In 2012 Ainscough’s mother Sharyn was diagnosed with breast cancer, and she too followed Gerson Therapy until her death in 2013. Ainscough suffered an intensification of her own symptoms, until last December she announced that she had returned to conventional treatments. It proved too late. Dr David Gorski, an American oncologist, wrote sadly on his blog Science-Based Medicine: ‘Jessica Ainscough had one shot, a good shot’ — the agonising decision of an early shoulder amputation — but ‘she didn’t take her first shot’. He concluded that ‘Jess Ainscough was also a victim of the very pseudoscience that she promoted.’
The ‘wellness industry’, of course, covers a broad field, from health supplements to spa treatments, diet regimes to holiday retreats. In its more down-to-earth aspects, there is no reason why much of it cannot work in tandem with conventional medicine. Few doctors would deny that diet and behaviour have an important influence on health: both obesity and smoking, for example, are known to raise the risk of certain cancers. But so, too, do some genetic factors, and other triggers presently beyond medical analysis or control. Doctors must often deal in statistics and probabilities rather than certainties, not least because cancers themselves can be unpredictable.
The more extreme manifestations of ‘wellness’ theory, however, can take on some cultish aspects, including a deep distrust of conventional medicine combined with an irrational conviction that recovery from disease is chiefly a matter of willpower and dietary self-discipline. At its best, this can be misleading; at its worst, it is to blame for encouraging understandably frightened people to shun hospital treatments that have a respectable chance of helping them.
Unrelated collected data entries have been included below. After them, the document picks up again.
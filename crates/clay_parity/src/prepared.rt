//! What encoding works with that a code alone decides, made once for many stripes.
ghost use Rattle.std.specs.Prelude.{◌≡◌, ◌*◌, length, IfOk, OnOk, OnErr};
ghost use Rattle.clay_grid.specs.Shape.{chunk_length, stripe_length};
ghost use Rattle.clay_parity.specs.Flat.{IsParity};

use crate::flat::write_parity;
use crate::parity_layers::last_column;
use clay_grid::Geometry;
use generator_matrix::Generator;
use std::alloc::{AllocError, Global};
use std::marker::Model;

/// A code, ready to encode: its factors are solved, and their products made. Contracts see its geometry.
#[derive(Drop)]
pub struct Prepared {
    g: Geometry,
    generator: Generator,
}

impl Model for Prepared {
    ghost use Rattle.clay_grid.specs.Shape.{Shape};
    ghost use Rattle.generator_matrix.specs.Generated.{IsLastGenerator};

    ghost Value = { Shape };

    ghost view = { λ p. p.g };

    ghost invariant = { λ p. IsLastGenerator p.g p.generator.unknown p.generator.each };
}

impl Prepared {
    /// The code of a geometry.
    pub fn new(alloc: Global, g: Geometry) -> Result<Prepared, AllocError>
        ensures { IfOk result (λ prepared. prepared ≡ g) }
    {
        let generator = last_column(alloc, g)?;
        Ok(Prepared { g, generator })
    }

    /// The geometry of the code.
    pub fn geometry(&self) -> Geometry
        ensures { result ≡ self.now }
    {
        self.g
    }

    /// Writes the parity chunks of the stripe's codeword, as the function `parity_into` does for the same geometry.
    pub fn parity_into(
        &self,
        alloc: Global,
        stripe: &[u8],
        chunks: &mut [u8],
    ) -> Result<(), AllocError>
        requires stripe { length stripe.now ≡ stripe_length self.now }
        requires chunks { length chunks.old ≡ self.now.parity_count * chunk_length self.now }
        ensures parity { OnOk result (IsParity self.now stripe.now chunks.new) }
        ensures kept { OnErr result (chunks.new ≡ chunks.old) }
    {
        write_parity(alloc, self.g, &self.generator, stripe, chunks)
    }
}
The UK journalists who wrote wittily and poignantly in the late 1990s about cancer and its treatment — most notably Ruth Picardie in the Observer and John Diamond in the Times — did a great deal to demystify the disease, while making their readers acutely aware of the thrill and preciousness of life. Yet Diamond, in particular, was very hard on the popular language of ‘battlers’ and ‘warriors’, saying: ‘I despise the set of warlike metaphors that so many apply to cancer.’ The reason, he said, stemmed from ‘a hatred for the sort of morality which says that only those who fight hard against their cancer survive it, or deserve to survive it — the corollary being that those who lose the fight deserved to do so.’
I wonder what Diamond would have made of Belle Gibson, who spoke the fashionable language of battle with fluent and apparently fraudulent ease, and is now hiding — along with her young son — from an angry army of former believers. Her falsehoods, if that’s what they are, were deeply culpable, and yet perhaps we should also look at those who so vigorously promoted them while suspending their own critical faculties. Sometimes one can even muster a stray flash of sympathy for Gibson, trapped in the big, runaway lie that everyone seemed to love.